* [Problem to work on] The lines from the start of the listing through the line containing "if !(1..=LONGEST_TIME).contains(&plan.along) ||" should be printed exactly, and no other lines should be printed.

* [Study material]
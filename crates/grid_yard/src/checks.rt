// Which grids may be set out.
ghost use Rattle.std.specs.Prelude.{◌≡◌, ◌≤◌, MatchResult};
ghost use Rattle.grid_yard.specs.Faults.{Fault, Lawful, Sized, needed};

use crate::cells::CELLS_IN_WORD;
use crate::plan::{LONGEST_SIDE, Plan};
use crate::refusal::GridRefusal;
use yard::limits::LONGEST_TIME;

// How many words the cells need: one for each 64 of them or part of them.
pub(crate) fn words_needed(plan: Plan) -> usize
    requires { Sized plan }
    ensures value { result ≡ needed plan }
    ensures fits { result ≤ 64 }
{
    usize::from((plan.rows * plan.columns).div_ceil(CELLS_IN_WORD))
}

// The first of the checks that the grid fails, if any.
pub(crate) fn check_grid(plan: Plan, closed: &[u64]) -> Result<(), GridRefusal>
    ensures { MatchResult result (λ _. Lawful plan closed.now) (λ e. Fault plan closed.now e) }
{
    if !(1..=LONGEST_SIDE).contains(&plan.rows) || !(1..=LONGEST_SIDE).contains(&plan.columns) {
        return Err(GridRefusal::BadSize);
    }
    if !(1..=LONGEST_TIME).contains(&plan.along) || !(1..=LONGEST_TIME).contains(&plan.across) {
        return Err(GridRefusal::BadTime);
    }
    if closed.len() < words_needed(plan) {
        return Err(GridRefusal::TooFewWords);
    }
    Ok(())
}
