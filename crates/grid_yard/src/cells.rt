// Tests on the cells of a grid.
ghost use Rattle.std.specs.Prelude.{◌≡◌, ◌*◌, ◌<◌, ◌≤◌, length};
ghost use Rattle.grid_yard.specs.Times.{adjacent, closed_cell, set_bit, step};

use crate::plan::Plan;

// How many cells a word closes: one a bit.
pub(crate) const CELLS_IN_WORD: u16 = 64;

// Whether bit k of the word is set, counted from the lowest.
fn is_set(word: u64, k: u16) -> bool
    requires { k < 64 }
    ensures { result ≡ set_bit word k }
{
    (word >> k) & 1 == 1
}

// Whether the cell's bit is set.
pub(crate) fn is_closed(words: &[u64], cell: u16) -> bool
    requires { cell < 64 * length words.now }
    ensures { result ≡ closed_cell words.now cell }
{
    is_set(
        words[usize::from(cell / CELLS_IN_WORD)],
        cell % CELLS_IN_WORD,
    )
}

// Whether the two numbers differ by one.
fn is_adjacent(a: u16, b: u16) -> bool
    ensures { result ≡ adjacent a b }
{
    a.abs_diff(b) == 1
}

// The travel time between two cells of the grid, where they touch by a side.
pub(crate) fn step_time(plan: Plan, from: u16, to: u16) -> Option<u16>
    requires { 1 ≤ plan.columns }
    ensures { result ≡ step plan from to }
{
    let (row, column) = (from / plan.columns, from % plan.columns);
    let (other_row, other_column) = (to / plan.columns, to % plan.columns);
    if row == other_row && is_adjacent(column, other_column) {
        return Some(plan.along);
    }
    if column == other_column && is_adjacent(row, other_row) {
        return Some(plan.across);
    }
    None
}
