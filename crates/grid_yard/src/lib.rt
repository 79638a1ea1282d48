// The grid yard: a yard of cells in rows and columns, some of them closed.
#![tactic(auto)]

mod cells;
mod checks;
pub mod plan;
pub mod refusal;
pub mod yards;
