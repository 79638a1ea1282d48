// Why a grid is refused.
ghost use Rattle.std.specs.Prelude.{◌≡◌};
ghost use Rattle.grid_yard.specs.Refusals.{number_of};

#[derive(Clone, Copy, PartialEq, Eq, Debug)]
pub enum GridRefusal {
    // The rows or the columns are not 1 to 64.
    BadSize,
    // A travel time is not 1 to 36,000 ticks.
    BadTime,
    // There are fewer words than the cells need, one for each 64 cells or part of them.
    TooFewWords,
}

impl GridRefusal {
    // The number of the refusal. It tells nothing else. A match over all cases, so that a new one must be given its
    // number.
    pub fn number(&self) -> u8
        ensures { result ≡ number_of self.now }
    {
        match self {
            GridRefusal::BadSize | GridRefusal::BadTime | GridRefusal::TooFewWords => 21,
        }
    }
}
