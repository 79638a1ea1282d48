// What a grid is set out with, beside the words that close cells.

// The most rows, and the most columns.
pub const LONGEST_SIDE: u16 = 64;

#[derive(Clone, Copy, PartialEq, Eq, Debug)]
pub struct Plan {
    pub rows: u16,
    pub columns: u16,
    // The travel time between neighbours in a row.
    pub along: u16,
    // The travel time between neighbours in a column.
    pub across: u16,
}
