// The grid yard.
ghost use Rattle.std.specs.Prelude.{◌*◌, ◌≤◌};
ghost use Rattle.grid_yard.specs.Faults.{Covered, Timed};

use crate::plan::Plan;
use bounded::BoundedVec;

mod calls;

// The most words that the cells of a grid need.
pub const MOST_WORDS: usize = 64;

// A yard of cells in rows and columns. Cell number row × columns + column is a place. Open cells that touch by a side
// are joined by lanes both ways.
// Memory for the largest grid is taken when it is made, so that setting out never needs memory.
#[derive(Drop)]
pub struct GridYard {
    plan: Plan,
    closed: BoundedVec<u64, MOST_WORDS>,
    ghost few_rows: { plan.rows ≤ 64 },
    ghost few_columns: { plan.columns ≤ 64 },
    ghost few_cells: { plan.rows * plan.columns ≤ 4096 },
    ghost timed: { Timed plan },
    ghost covered: { Covered plan closed },
}
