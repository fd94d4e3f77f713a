// How far bytes are text: UTF-8 as RFC 3629 has it. Text and position stay two parameters: the look-back needs the octets before.
#![tactic(auto)]

mod ascii;
mod characters;
mod runs;

ghost use Rattle.std.specs.Prelude.{◌≡◌, ◌≤◌, length};
ghost use Rattle.utf8.specs.Valid.{valid_up_to, valid_from};
ghost use Rattle.text.specs.Blocks.{Passed};

use ascii::{ascii_blocks, ascii_bytes, skip_ascii};
use characters::char_width;
use runs::text_blocks;

// A position further on in a text that is not short: near its end, or before the first octet that is wrong.
fn text_run(s: &[u8], from: usize) -> usize
    requires { from ≤ length s.now }
    ensures { Passed s.now from result }
{
    let mut at = from;
    while let Some(on) = text_blocks(s, at) {
        at = ascii_blocks(s, ascii_blocks(s, on, 64), 16);
    }
    at
}

// Where the text ends, character by character.
fn chars(s: &[u8], from: usize) -> usize
    requires { from ≤ length s.now }
    ensures { result ≡ valid_from s.now from }
{
    let mut at = from;
    while let Some(width) = char_width(&s[at..]) {
        // Widths 1 to 3 are added as constants, so that the next load does not wait for the octets before it. Slower as a variable, by 7 in 100 on short strings.
        at = match width {
            1 => ascii_bytes(s, at + 1),
            2 => at + 2,
            3 => at + 3,
            _ => at + width,
        };
    }
    at
}

// How many octets from the start are text: ASCII, then whole blocks, then the rest.
pub fn valid_up_to(s: &[u8]) -> usize
    ensures { result ≡ valid_up_to s.now }
{
    chars(s, text_run(s, skip_ascii(s, 0)))
}
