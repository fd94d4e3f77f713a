// Characters of more than one octet.
ghost use Rattle.std.specs.Prelude.{◌≡◌, ◌∷◌, ◌+◌, ◌<◌};
ghost use Rattle.utf8.specs.Valid.{lead, char_width};
ghost use Rattle.text.specs.Blocks.{second_from, second_to, IsWidth};

// RFC 3629, section 4: the second octet by the first, from one number to before another. None follows C0, C1, or F5 and above. Two
// functions: a range for each first octet says each bound again at every row.
fn second_from(a: u8) -> u8
    ensures { result ≡ second_from a }
{
    match a {
        0..=0xc1 => 0xc0,
        0xe0 => 0xa0,
        0xf0 => 0x90,
        _ => 0x80,
    }
}

fn second_to(a: u8) -> u8
    ensures { result ≡ second_to a }
{
    match a {
        0xed => 0xa0,
        0xf4 => 0x90,
        0..=0xf4 => 0xc0,
        _ => 0x80,
    }
}

// The width of a character of 1 + N octets, by the first and what follows it.
fn wide<const N: usize>(a: u8, rest: &[u8]) -> Option<usize>
    requires { (0 < N) × (lead a ≡ N + 1) }
    ensures { IsWidth result (char_width (a ∷ rest.now)) }
{
    let (b, others) = rest.get(..N)?.split_first()?;
    let whole = (second_from(a)..second_to(a)).contains(b) && others.iter().all(|c| c / 64 == 2);
    whole.then_some(N + 1)
}

// The width of the character that octets begin with.
pub(crate) fn char_width(s: &[u8]) -> Option<usize>
    ensures { IsWidth result (char_width s.now) }
{
    let (first, rest) = s.split_first()?;
    let a = *first;
    match a {
        0..=0x7f => Some(1),
        0xc0..=0xdf => wide::<1>(a, rest),
        0xe0..=0xef => wide::<2>(a, rest),
        0xf0..=0xf7 => wide::<3>(a, rest),
        _ => None,
    }
}
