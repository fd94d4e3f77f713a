// Runs of whole characters, by blocks.
ghost use Rattle.std.specs.Prelude.{◌≡◌, true, false, ◌+◌, ◌<◌, ◌≤◌, length, get_or, IfSome};
ghost use Rattle.text.specs.Blocks.{Clean, pad, CleanUpTo, QuietAt, Passed};

use crate::ascii::ascii_next;

// Is the octet z wrong after the three octets w, x, y? No branch, so that LLVM makes vector code of a loop over it.
fn flaw(w: u8, x: u8, y: u8, z: u8) -> bool
    ensures { result ≡ false → Clean w x y z }
{
    let need = (y >= 0xc0) | (x >= 0xe0) | (w >= 0xf0);
    let next = (z >= 0x80) & (z < 0xc0);
    let below_a0 = (z >= 0x80) & (z < 0xa0);
    let below_90 = (z >= 0x80) & (z < 0x90);
    let first = ((y >= 0xc0) & (y < 0xc2)) | (y >= 0xf5);
    let low = ((y == 0xe0) & below_a0) | ((y == 0xf0) & below_90);
    let high = ((y == 0xed) & !below_a0) | ((y == 0xf4) & !below_90);
    (need ^ next) | first | low | high
}

// Is one of the n octets from a position wrong after the three before it? By index: slower over `array_windows`, by 3 in 100.
fn broken(s: &[u8], at: usize, n: usize) -> bool
    requires { (3 ≤ at) × (at + n ≤ length s.now) }
    ensures { result ≡ false → CleanUpTo s.now at (at + n) }
{
    let mut bad = false;
    for i in 0..n {
        let p = at + i;
        bad |= flaw(s[p - 3], s[p - 2], s[p - 1], s[p]);
    }
    bad
}

// The octet at an index of the text with three zeros in front. An `if` says it plainer than `checked_sub` and `map_or`.
fn padded(s: &[u8], i: usize) -> u8
    requires { i < length s.now + 3 }
    ensures { result ≡ get_or (pad s.now) i 0 }
{
    if i < 3 { 0 } else { s[i - 3] }
}

// Does no character that begins before a position reach past it?
fn quiet(s: &[u8], at: usize) -> bool
    requires { at ≤ length s.now }
    ensures { result ≡ true → QuietAt s.now at }
{
    padded(s, at) < 0xf0 && padded(s, at + 1) < 0xe0 && padded(s, at + 2) < 0xc0
}

// Where octets have three before them: at a position, or past the first three where they are right.
fn opening(s: &[u8], from: usize) -> Option<usize>
    requires { (from ≤ length s.now) × (3 ≤ length s.now) }
    ensures { IfSome result (λ at. (3 ≤ at) × CleanUpTo s.now from at) }
{
    if from >= 3 {
        return Some(from);
    }
    if flaw(0, 0, 0, s[0]) || flaw(0, 0, s[0], s[1]) || flaw(0, s[0], s[1], s[2]) {
        return None;
    }
    Some(3)
}

// Past each n octets that are right, up to a run of ASCII.
fn clean_blocks(s: &[u8], from: usize, n: usize) -> usize
    requires { (0 < n) × (3 ≤ from) × (from ≤ length s.now) }
    ensures { CleanUpTo s.now from result }
{
    // Steps by n and stops at ASCII: two ways out that chunks would need a position for.
    let mut at = from;
    while s.len() - at >= n {
        if broken(s, at, n) {
            return at;
        }
        at += n;
        if ascii_next(s, at) {
            return at;
        }
    }
    at
}

// The last octets, where they are right: a block, and the block at the end, which may begin before the first one's end.
fn clean_end(s: &[u8], from: usize) -> usize
    requires { (3 ≤ from) × (from ≤ length s.now) × (19 ≤ length s.now) }
    ensures { CleanUpTo s.now from result }
{
    let left = s.len() - from;
    if left >= 32 {
        return from;
    }
    if left > 16 && broken(s, from, 16) {
        return from;
    }
    if broken(s, s.len() - 16, 16) {
        return from;
    }
    s.len()
}

// The last position up to an end that no character reaches past.
fn last_quiet(s: &[u8], from: usize, end: usize) -> Option<usize>
    requires { (from ≤ end) × (end ≤ length s.now) }
    ensures { IfSome result (λ at. (from < at) × (at ≤ end) × QuietAt s.now at) }
{
    (from + 1..end + 1).rev().find(|at| quiet(s, *at))
}

// From the end of a character to the end of another, in a text that is not short.
pub(crate) fn text_blocks(s: &[u8], from: usize) -> Option<usize>
    requires { from ≤ length s.now }
    ensures { IfSome result (λ at. (from < at) × Passed s.now from at) }
{
    if s.len() - from < 28 || !quiet(s, from) {
        return None;
    }
    let open = opening(s, from)?;
    last_quiet(s, from, clean_end(s, clean_blocks(s, open, 32)))
}
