// Runs of ASCII.
ghost use Rattle.std.specs.Prelude.{◌≡◌, ◌<◌, ◌≤◌, length, fold, max};
ghost use Rattle.text.specs.Blocks.{Passed};

// A number that none of the octets is above: where their count is a constant, a few loads and maxima. By hand: std's `is_ascii` goes by words
// of eight octets, and LLVM makes no wider vectors of it.
fn high(block: &[u8]) -> u8
    ensures { result ≡ fold max 0 block.now }
{
    block.iter().fold(0, |most, b| most.max(*b))
}

// A position further on: past each n octets that are ASCII.
pub(crate) fn ascii_blocks(s: &[u8], from: usize, n: usize) -> usize
    requires { (0 < n) × (from ≤ length s.now) }
    ensures { Passed s.now from result }
{
    // Steps by n. Slower over `chunks_exact`: a tenth on short strings.
    let mut at = from;
    while s.len() - at >= n {
        if high(&s[at..at + n]) >= 128 {
            return at;
        }
        at += n;
    }
    at
}

// The same with the largest blocks first.
pub(crate) fn skip_ascii(s: &[u8], from: usize) -> usize
    requires { from ≤ length s.now }
    ensures { Passed s.now from result }
{
    let mut at = from;
    for n in [64, 32, 16, 8] {
        at = ascii_blocks(s, at, n);
    }
    at
}

// Are the next 64 octets ASCII?
pub(crate) fn ascii_next(s: &[u8], at: usize) -> bool
    requires { at ≤ length s.now }
{
    s[at..]
        .first_chunk::<64>()
        .is_some_and(|block| high(block) < 128)
}

// A position further on: past each octet that is ASCII.
pub(crate) fn ascii_bytes(s: &[u8], from: usize) -> usize
    requires { from ≤ length s.now }
    ensures { Passed s.now from result }
{
    s[from..]
        .iter()
        .position(|b| *b >= 0x80)
        .map_or(s.len(), |i| from + i)
}
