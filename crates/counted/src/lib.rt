// Lists of numbers that are held by value: a count, and room for as many as a list may have. What stands past the
// count is zero in every list made here, and is never read.
#![tactic(auto)]

ghost use Rattle.std.specs.Prelude.{◌≡◌, ◌≤◌};
ghost use Rattle.laws.specs.Lists.{all};
ghost use Rattle.numbers.specs.Limits.{list_limit};
ghost use Rattle.counted.specs.Numbers.{none, numbers_of, shown, ok_numbers, got_at};
ghost use Rattle.counted.specs.Curves.{triples, has_length, ok_curve};

use numbers::{Refusal, ask, is_length, is_number};

// How many numbers a list may have.
pub const LIST_LIMIT: usize = 192;

#[repr(C)]
#[derive(Clone, Copy)]
pub struct Numbers {
    pub count: usize,
    pub items: [i32; LIST_LIMIT], // an array with its count: C lends it within a track, and nothing here takes memory
}

// The empty list.
#[tactic(auto, unfolding(crate::specs::Numbers::zeros))]
pub fn empty() -> Numbers
    ensures { result ≡ none }
{
    Numbers {
        count: 0,
        items: [0; LIST_LIMIT],
    }
}

// The numbers of `args`, with zeros behind them. Refuses 3.
pub fn numbers_of(args: &[i32]) -> Result<Numbers, Refusal>
    ensures { result ≡ numbers_of args.now }
{
    let count = args.len();
    ask(count <= LIST_LIMIT, Refusal::TooMany)?;
    let mut items = [0; LIST_LIMIT];
    items[..count].copy_from_slice(args);
    Ok(Numbers { count, items })
}

// Whether `list` has at most as many numbers as a list may have, each in range.
pub fn numbers_ok(list: Numbers) -> bool
    ensures { result ≡ ok_numbers list }
{
    list.count <= LIST_LIMIT && list.items[..list.count].iter().all(|x| is_number(*x))
}

// Whether the third number of each whole triple is a length.
fn thirds_ok(list: Numbers) -> bool
    requires { list.count ≤ list_limit }
    ensures { result ≡ all has_length (triples (shown list)) }
{
    list.items[..list.count]
        .chunks_exact(3)
        .all(|triple| is_length(triple[2]))
}

// Whether `list` is one of a curve or a wave: numbers in range, and a length in each third place.
#[tactic(auto, unfolding(crate::specs::Curves::ok_curve))]
pub fn curve_ok(list: Numbers) -> bool
    ensures { result ≡ ok_curve list }
{
    numbers_ok(list) && thirds_ok(list)
}

// The number at a place of a list, if so many count.
pub fn number_at(list: Numbers, i: usize) -> Option<i32>
    requires { list.count ≤ list_limit }
    ensures { result ≡ got_at list i }
{
    list.items[..list.count].get(i).copied()
}
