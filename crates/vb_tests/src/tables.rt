//! Changes as they come, and what is found after each.
use hash_table::HashTable;
use std::alloc::{AllocError, Global};
use std::test::Fail;
use vb_types::{Act, Change, Doc, Key, Level, Value};

pub fn key(alloc: Global, bytes: &[u8]) -> Result<Key, Fail> {
    Ok(Key::new(alloc, bytes)?.ok_or("key")?)
}

pub fn doc(alloc: Global, cas: u64) -> Result<Doc, Fail> {
    Ok(Doc {
        value: Value::new(alloc, b"v")?.ok_or("value")?,
        cas,
        rev: 1,
        flags: 0,
        expiry: 0,
        datatype: 0,
    })
}

pub fn prepare(alloc: Global, level: Level, cas: u64) -> Result<Act, Fail> {
    Ok(Act::Prepare {
        level,
        doc: doc(alloc, cas)?,
        deleted: false,
    })
}

pub fn commit(alloc: Global, prepared: u64, cas: u64) -> Result<Act, Fail> {
    Ok(Act::Commit {
        prepared,
        doc: doc(alloc, cas)?,
        deleted: false,
    })
}

/// The CAS of a key's document and that of its pending entry, each 0 where there is none.
fn found(table: &HashTable, key: &Key) -> (u64, u64) {
    let doc = match table.doc(key) {
        Some(doc) => doc.cas,
        None => 0,
    };
    let pend = match table.pend(key) {
        Some(pend) => pend.doc.cas,
        None => 0,
    };
    (doc, pend)
}

/// A change of a key.
fn change(key: &Key, seq: u64, act: Act) -> Result<Change, AllocError> {
    match key.clone() {
        Ok(key) => Ok(Change { seq, key, act }),
        Err(stop) => {
            drop(act);
            Err(stop)
        }
    }
}

/// Takes a change in.
fn put(table: &mut HashTable, change: Change) -> Result<(), AllocError> {
    match table.reserve(1) {
        Ok(()) => {
            table.apply(change);
            Ok(())
        }
        Err(stop) => {
            drop(change);
            Err(stop)
        }
    }
}

/// What is found of a key after one more change of it.
fn after(table: &mut HashTable, key: &Key, seq: u64, act: Act) -> Result<(u64, u64), AllocError> {
    let change = change(key, seq, act)?;
    put(table, change)?;
    Ok(found(table, key))
}

/// What is found after a prepare, after its commit, and after a removal.
type Found = ((u64, u64), (u64, u64), (u64, u64));

/// The same in this table.
fn write_in(alloc: Global, table: &mut HashTable, key: &Key) -> Result<Found, Fail> {
    let prepared = after(table, key, 1, prepare(alloc, Level::Majority, 1)?)?;
    let committed = after(table, key, 2, commit(alloc, 1, 2)?)?;
    let removed = after(table, key, 3, Act::Remove { cas: 3, rev: 2 })?;
    Ok((prepared, committed, removed))
}

fn durable_write(alloc: Global) -> Result<Found, Fail> {
    let key = key(alloc, b"k")?;
    let mut table = HashTable::new(alloc);
    let found = write_in(alloc, &mut table, &key);
    drop(table);
    found
}

#[test]
fn a_durable_write_is_pending_and_then_a_document(rt: HostRuntime) -> Result<(), Fail> {
    let found = durable_write(rt.alloc())?;
    assert_eq!(rt; found, ((0, 1), (2, 0), (0, 0)));
    Ok(())
}

/// Sets the document of this byte; its CAS is one more.
fn set(alloc: Global, table: &mut HashTable, n: u8) -> Result<(), Fail> {
    let key = key(alloc, &[n])?;
    let seq = n as u64 + 1;
    let doc = doc(alloc, seq)?;
    put(
        table,
        Change {
            seq,
            key,
            act: Act::Set(doc),
        },
    )?;
    Ok(())
}

fn fill(alloc: Global, table: &mut HashTable) -> Result<(), Fail> {
    for n in 0..200u8 {
        set(alloc, table, n)?;
    }
    Ok(())
}

/// A table of 200 keys of one byte; the CAS of each document is one more than its key's byte.
fn filled(alloc: Global) -> Result<HashTable, Fail> {
    let mut table = HashTable::new(alloc);
    fill(alloc, &mut table)?;
    Ok(table)
}

/// The first key that is not found with its document.
fn first_lost(alloc: Global, table: &HashTable) -> Result<Option<u8>, Fail> {
    for n in 0..200u8 {
        let key = key(alloc, &[n])?;
        if found(table, &key) != (n as u64 + 1, 0) {
            return Ok(Some(n));
        }
    }
    Ok(None)
}

#[test]
fn many_keys_are_found(rt: HostRuntime) -> Result<(), Fail> {
    let table = filled(rt.alloc())?;
    let lost = first_lost(rt.alloc(), &table);
    drop(table);
    assert_eq!(rt; lost?, None);
    Ok(())
}

/// A prepare of the key that is this byte.
fn prepare_at(
    alloc: Global,
    table: &mut HashTable,
    name: &[u8],
    seq: u64,
    level: Level,
) -> Result<(), Fail> {
    let key = key(alloc, name)?;
    let act = prepare(alloc, level, seq)?;
    put(table, Change { seq, key, act })?;
    Ok(())
}

/// Its commit.
fn commit_at(
    alloc: Global,
    table: &mut HashTable,
    name: &[u8],
    seq: u64,
    prepared: u64,
) -> Result<(), Fail> {
    let key = key(alloc, name)?;
    let act = commit(alloc, prepared, seq)?;
    put(table, Change { seq, key, act })?;
    Ok(())
}

type Ends = ((u64, u64), (u64, u64));

/// The last prepare up to 2 and the first level 3 one above 1, before and after that one is committed.
fn prepares_in(alloc: Global, table: &mut HashTable) -> Result<Ends, Fail> {
    prepare_at(alloc, table, b"a", 1, Level::Majority)?;
    prepare_at(alloc, table, b"b", 2, Level::PersistMajority)?;
    prepare_at(alloc, table, b"c", 3, Level::Majority)?;
    let before = ends(table);
    commit_at(alloc, table, b"b", 4, 2)?;
    Ok((before, ends(table)))
}

fn found_by_seqnos(alloc: Global) -> Result<Ends, Fail> {
    let mut table = HashTable::new(alloc);
    let found = prepares_in(alloc, &mut table);
    drop(table);
    found
}

/// The last prepare up to 2 and the first level 3 one above 1, each 0 where there is none.
fn ends(table: &HashTable) -> (u64, u64) {
    (
        table.last_pending(2).unwrap_or(0),
        table.first_pending_third(1).unwrap_or(0),
    )
}

#[test]
fn prepares_are_found_by_their_seqnos(rt: HostRuntime) -> Result<(), Fail> {
    let found = found_by_seqnos(rt.alloc())?;
    assert_eq!(rt; found, ((2, 2), (1, 0)));
    Ok(())
}
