//! What a vBucket's replies say to a dial.
ghost use Rattle.std.specs.Prelude.{◌≡◌};
ghost use Rattle.node_core.specs.Dials.{is_done, is_pending, follower_ask, dues_of_reply};

use vb_calls::{VbAnswer, VbReply};
use vb_types::{Role, StreamAsk};

/// Whether there is such a vBucket, and it made the call.
pub fn is_done(reply: &Option<VbReply>) -> bool
    ensures { result ≡ is_done reply.now }
{
    match reply {
        Some(made) => matches!(made.answer, VbAnswer::Done),
        None => false,
    }
}

/// Whether there is such a vBucket, and it tells that it is to take over.
pub fn is_pending(reply: &Option<VbReply>) -> bool
    ensures { result ≡ is_pending reply.now }
{
    match reply {
        Some(made) => match made.answer {
            VbAnswer::Shown { role, .. } => role == Role::Pending,
            _ => false,
        },
        None => false,
    }
}

/// What the vBucket asks for, where there is one that follows.
pub fn follower_ask(reply: &Option<VbReply>) -> Option<StreamAsk>
    ensures { result ≡ follower_ask reply.now }
{
    match reply {
        Some(made) => match made.answer {
            VbAnswer::Named(ask) => Some(ask),
            _ => None,
        },
        None => None,
    }
}

/// The seqno that the vBucket may acknowledge, 0 for none, and the one up to which it has written all
/// down.
pub fn dues_of_reply(reply: &Option<VbReply>) -> Option<(u64, u64)>
    ensures { result ≡ dues_of_reply reply.now }
{
    match reply {
        Some(made) => match made.answer {
            VbAnswer::Dues { seq, saved } => Some((seq, saved)),
            _ => None,
        },
        None => None,
    }
}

* [Response box]
filename crates/grid_yard/src/checks.rt
// Which grids may be set out.
ghost use Rattle.std.specs.Prelude.{◌≡◌, ◌≤◌, MatchResult};
ghost use Rattle.grid_yard.specs.Faults.{Fault, Lawful, Sized, needed};

use crate::cells::CELLS_IN_WORD;
use crate::plan::{LONGEST_SIDE, Plan};
use crate::refusal::GridRefusal;
use yard::limits::LONGEST_TIME;

// How many words the cells need: one for each 64 of them or part of them.
pub(crate) fn words_needed(plan: Plan) -> usize
    requires { Sized plan }
    ensures value { result ≡ needed plan }
    ensures fits { result ≤ 64 }
{
    usize::from((plan.rows * plan.columns).div_ceil(CELLS_IN_WORD))
}

// The first of the checks that the grid fails, if any.
pub(crate) fn check_grid(plan: Plan, closed: &[u64]) -> Result<(), GridRefusal>
    ensures { MatchResult result (λ _. Lawful plan closed.now) (λ e. Fault plan closed.now e) }
{
    if !(1..=LONGEST_SIDE).contains(&plan.rows) || !(1..=LONGEST_SIDE).contains(&plan.columns) {
        return Err(GridRefusal::BadSize);
    }
    if !(1..=LONGEST_TIME).contains(&plan.along) || !(1..=LONGEST_TIME).contains(&plan.across) {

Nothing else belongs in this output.